The action begins in 1949 in the small harbour town of Yobuko in Southern Japan. Tarobei (Chishu Ryu) and his brother Aikawa (Takeshi Sakamoto) run a small fishing concern with two boats under the aegis of the local fishing association. The business is in big trouble and they’re convinced the captain of one of the boats has been secretly stealing part of the catch and selling it on the black market. Attempts to confront him have stalled and the brothers are at a loss, unsure how to proceed given that it will be difficult to find another captain at short notice even if they are already getting serious heat from their investors and the association.

Luckily things begin to look up when a familiar face from the past arrives in the form of Shogo (Takashi Miki) – a soldier who was briefly stationed in the town at the very end of the war during which time he fell in love with Tarobei’s eldest daughter, Mie (Michiyo Kogure).
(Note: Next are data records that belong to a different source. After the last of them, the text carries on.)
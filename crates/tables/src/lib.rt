// Tables of cases for the calls on a book: each refusal at its boundary, and which of two comes first.
#![tactic(auto)]

#[cfg(test)]
mod asking;
#[cfg(test)]
mod batches;
#[cfg(test)]
mod books;
#[cfg(test)]
mod closings;
#[cfg(test)]
mod legs;
#[cfg(test)]
mod moving;
#[cfg(test)]
mod openings;
#[cfg(test)]
mod picky;
#[cfg(test)]
mod readings;
#[cfg(test)]
mod stopped;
Shogo has a friend who would be perfect for taking over the boat and everything seems to be going well but the Kamiyas just can’t seem to catch a break and their attempt to construct a different economic future for themselves in the post-war world seems doomed to failure.
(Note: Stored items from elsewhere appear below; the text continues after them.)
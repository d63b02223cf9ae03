// Batches and chains: refusals 11 to 15.
use crate::books::{open_many, reserve, transfer};
use book::Book;
use journal::{Journal, Roll, Strip};
use meaning::{Action, Answer, Order, Refusal, number_of};
use policy::{Open, Policy};
use std::test::Fail;

// What stands at a place to which nothing was written.
const UNTOUCHED: Answer = Err(Refusal::BufferTooShort);

fn order(number: u32, linked: bool, action: Action) -> Order {
    Order {
        number,
        linked,
        action,
    }
}

// Linked transfers, numbered from `first` on, but for the one at the end, if there is an end.
fn chain(first: u32, end: Option<usize>) -> [Order; 20] {
    let mut orders = [order(first, true, transfer(1, 2, 1)); 20];
    for (i, order) in orders.iter_mut().enumerate() {
        order.number = first.saturating_add(i as u32);
        order.linked = end != Some(i);
    }
    orders
}

// Runs a chain of so many legs, at most twenty; the answers of its first and last order.
fn run_chain<J: Journal, P: Policy>(
    book: &mut Book<J, P>,
    legs: usize,
    has_end: bool,
    first: u32,
) -> Result<(Answer, Answer), Refusal> {
    let legs = legs.clamp(1, 20);
    let end = has_end.then_some(legs - 1);
    let orders = chain(first, end);
    let mut answers = [UNTOUCHED; 20];
    book.run(&orders[0..legs], &mut answers[0..legs])?;
    Ok((answers[0], answers[legs - 1]))
}

#[test]
fn chains(rt: HostRuntime) -> Result<(), Fail> {
    // spare, legs, whether it has an end, first number; first answer, last answer
    let cases = [
        (20, 1, true, 1, 0, 0),
        (20, 1, false, 1, 12, 12),
        (20, 2, false, 1, 11, 12),
        (20, 16, true, 1, 0, 0),
        (20, 17, true, 1, 13, 13),
        (0, 1, true, 1, 14, 14),
        (1, 1, true, 1, 0, 0),
        (1, 2, true, 1, 14, 14),
        (2, 2, true, 1, 0, 0),
        (20, 2, true, 0, 21, 11),
        // two conditions hold
        (20, 17, false, 1, 11, 12),
        (1, 2, false, 1, 11, 12),
        (16, 17, true, 1, 13, 13),
        (1, 2, true, 0, 14, 14),
    ];
    for (i, (spare, legs, has_end, first, first_answer, last_answer)) in cases
        .into_iter()
        .enumerate()
    {
        let mut memory = [0; 1057];
        let bytes = 97 + 48 * spare.min(20);
        let strip = Strip::make(&mut memory[0..bytes], 0);
        let mut book = Book::create(strip, Open);
        assert!(rt; open_many(&mut book, 2).is_ok());
        let (one, other) = run_chain(&mut book, legs, has_end, first).map_err(|_| Fail::new(i))?;
        assert_eq!(rt; number_of(&one), first_answer, "{}", i);
        assert_eq!(rt; number_of(&other), last_answer, "{}", i);
    }
    Ok(())
}

#[test]
fn batches_by_their_answer_list(rt: HostRuntime) {
    // orders, places; answer, orders taken
    let cases = [
        (0, 0, 0, 0),
        (2, 0, 15, 0),
        (2, 1, 15, 0),
        (2, 2, 0, 2),
        (2, 3, 0, 2),
    ];
    for (i, (many, places, answer, taken)) in cases.into_iter().enumerate() {
        let mut book = Book::create(Roll::new(), Open);
        assert!(rt; open_many(&mut book, 2).is_ok());
        let orders = [
            order(1, false, transfer(1, 2, 1)),
            order(2, false, transfer(1, 2, 1)),
        ];
        let mut answers = [UNTOUCHED; 3];
        let many = many.min(2);
        let got = book.run(&orders[0..many], &mut answers[0..places.min(3)]);
        assert_eq!(rt; number_of(&got), answer, "{}", i);
        assert_eq!(rt; got.unwrap_or(0), taken, "{}", i);
        assert_eq!(rt;
            number_of(&answers[0]),
            if taken == 0 { 56 } else { 0 },
            "{}",
            i
        );
        assert_eq!(rt; number_of(&answers[2]), 56, "{}", i);
    }
}

#[test]
fn a_batch_of_chains(rt: HostRuntime) {
    let mut book = Book::create(Roll::new(), Open);
    assert!(rt; open_many(&mut book, 2).is_ok());
    let orders = [
        order(11, false, transfer(1, 2, 100)),
        order(12, true, transfer(1, 2, 50)),
        order(12, false, transfer(2, 1, 10)),
        order(12, true, reserve(1, 2, 30, 60)),
        order(
            13,
            false,
            Action::Post {
                reservation: 12,
                amount: 30,
            },
        ),
        order(14, true, Action::Void { reservation: 12 }),
    ];
    let mut answers = [UNTOUCHED; 8];
    let taken = book.run(&orders, &mut answers).unwrap_or(99);
    assert_eq!(rt; taken, 3);
    let expected = [0, 11, 21, 0, 0, 12, 56, 56];
    for (i, (answer, expected)) in answers.iter().zip(expected).enumerate() {
        assert_eq!(rt; number_of(answer), expected, "{}", i);
    }
    let (roll, _) = book.close();
    assert_eq!(rt; roll.count(), 5);
}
The Kamiyas are indeed somewhat persecuted. They have lost out precisely because of their essential goodness in which they prefer to conduct business honestly and fairly rather than give in to the selfish ways of the new society. Thus they vacillate over how to deal with the treacherous captain who has already figured out that he holds all the cards and can most likely walk all over them. They encounter the same level of oppressive intimidation when they eventually decide to fight unfair treatment from the association all the way to Tokyo only to be left sitting on a bench outside the clerk’s office for three whole days at the end of which Tarobei is taken seriously ill.
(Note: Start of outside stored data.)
// Transfers and reserves: refusals 21 to 30.
use crate::asking::run_one;
use crate::books::{mixed, open_many, opening, reserve, river, transfer};
use book::Book;
use journal::Strip;
use meaning::limits::TOP;
use meaning::{Action, Opening, number_of};
use std::process::Abort;

// number, debit, credit, amount; answer
type Case = (u32, u32, u32, u64, u8);

const BOUNDARIES: [Case; 20] = [
    (0, 1, 2, 5, 21),
    (10, 1, 2, 5, 21),
    (11, 1, 2, 5, 0),
    (4294967295, 1, 2, 5, 0),
    (11, 1, 2, 0, 22),
    (11, 1, 2, 1, 0),
    (11, 6, 1, TOP, 0),
    (11, 6, 1, TOP + 1, 22),
    (11, 9, 2, 5, 23),
    (11, 1, 9, 5, 24),
    (11, 1, 1, 5, 25),
    (11, 1, 3, 5, 26),
    (11, 1, 6, TOP - 1, 0),
    (11, 1, 6, TOP, 27),
    (11, 6, 2, TOP - 1, 0),
    (11, 6, 2, TOP, 27),
    (11, 4, 1, 99, 0),
    (11, 4, 1, 100, 28),
    (11, 1, 5, 99, 0),
    (11, 1, 5, 100, 29),
];

const TWO_HOLD: [Case; 12] = [
    (10, 1, 2, 0, 21),
    (11, 9, 2, 0, 22),
    (11, 9, 8, 5, 23),
    (11, 9, 9, 5, 23),
    (11, 1, 9, TOP, 24),
    (11, 1, 1, TOP, 25),
    (11, 4, 4, 100, 25),
    (11, 1, 3, TOP, 26),
    (11, 4, 3, 100, 26),
    (11, 4, 6, TOP, 27),
    (11, 6, 5, TOP, 27),
    (11, 4, 5, 100, 28),
];

// A transfer and a reserve with the same fields are answered the same.
fn check_legs(rt: &impl Abort, cases: &[Case]) {
    for (i, case) in cases.iter().enumerate() {
        let (number, debit, credit, amount, answer) = *case;
        let mut book = river();
        let got = run_one(&mut book, number, transfer(debit, credit, amount));
        assert_eq!(rt; number_of(&got), answer, "{}", i);
        let mut book = river();
        let got = run_one(&mut book, number, reserve(debit, credit, amount, 60));
        assert_eq!(rt; number_of(&got), answer, "{}", i);
        assert_eq!(rt; book.reservation(number).is_some(), answer == 0);
    }
}

#[test]
fn legs_at_their_boundaries(rt: HostRuntime) {
    check_legs(&rt, &BOUNDARIES);
}

#[test]
fn the_first_refusal_of_a_leg(rt: HostRuntime) {
    check_legs(&rt, &TWO_HOLD);
}

#[test]
fn a_reserve_by_the_room(rt: HostRuntime) {
    let mut memory = [0; 13000];
    let strip = Strip::make(&mut memory, 0);
    let mut book = Book::create(strip, mixed());
    assert!(rt; open_many(&mut book, 2).is_ok());
    let opening = Opening {
        class: 2,
        ..opening(3)
    };
    assert!(rt; book.open(&opening).is_ok());
    for number in 1..=256 {
        assert!(rt; run_one(&mut book, number, reserve(1, 2, 1, 0)).is_ok());
    }
    assert_eq!(rt;
        number_of(&run_one(&mut book, 257, reserve(1, 2, 1, 0))),
        30
    );
    // account 3 takes no water: two conditions hold
    assert_eq!(rt;
        number_of(&run_one(&mut book, 257, reserve(1, 3, 1, 0))),
        29
    );
    assert!(rt; run_one(&mut book, 257, transfer(1, 2, 1)).is_ok());
    // a reservation that has ended keeps its room
    assert!(rt; run_one(&mut book, 258, Action::Void { reservation: 1 }).is_ok());
    assert_eq!(rt;
        number_of(&run_one(&mut book, 259, reserve(1, 2, 1, 0))),
        30
    );
}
However, unlike Kinoshita’s usual heroes, Tarobei’s faith begins to waver. He is told he can get a loan from another family on the condition that their son marry his youngest daughter Miwa (Yoko Katsuragi). To begin with he laughs it off but as the situation declines he finds himself tempted even if he hates himself for the thought. He never wanted to be one of those fathers who treats his daughters like capital, but here he is. Both Miwa, who has fallen in love with the younger brother of the new captain, and her sister are in a sense at the mercy of their families, torn between personal desire familial duty. Mie, having discovered that her husband died in the war, is still trapped in post-war confusion and unsure if she returns Shogo’s feelings but in any case is afraid to pursue them when she knows the depths of despair her father finds himself in because of their precarious economic situation. Shogo is keen to help, but he is also fighting a war on two fronts seeing as his extremely strange (and somewhat overfamiliar) sister-in-law (Isuzu Yamada) is desperate to marry him off to her niece (Keiko Tsushima) in order to keep him around but also palm off her mother-in-law.

Meanwhile, a lonely geisha (Toshiko Kobayashi) who has fallen into the clutches of the corrupt captain is determined to find out what happened to someone she used to know who might be connected to Shogo and the Kamiyas and falling in desperate unrequited love with replacement captain Yabuki (Rentaro Mikuni) who is inconveniently in love with Mie. Kinoshita apparently cut production on Fireworks short in order to jet off to France which might be why his characteristically large number of interconnected subplots never coalesce. Running the gamut from melancholy existential drama to rowdy fights on boats and shootouts in the street, Kinoshita knows how to mix things up but leaves his final messages unclear as the Kamiyas willingly wave their traumatic pasts out to sea with a few extra passengers in tow still looking for new directions.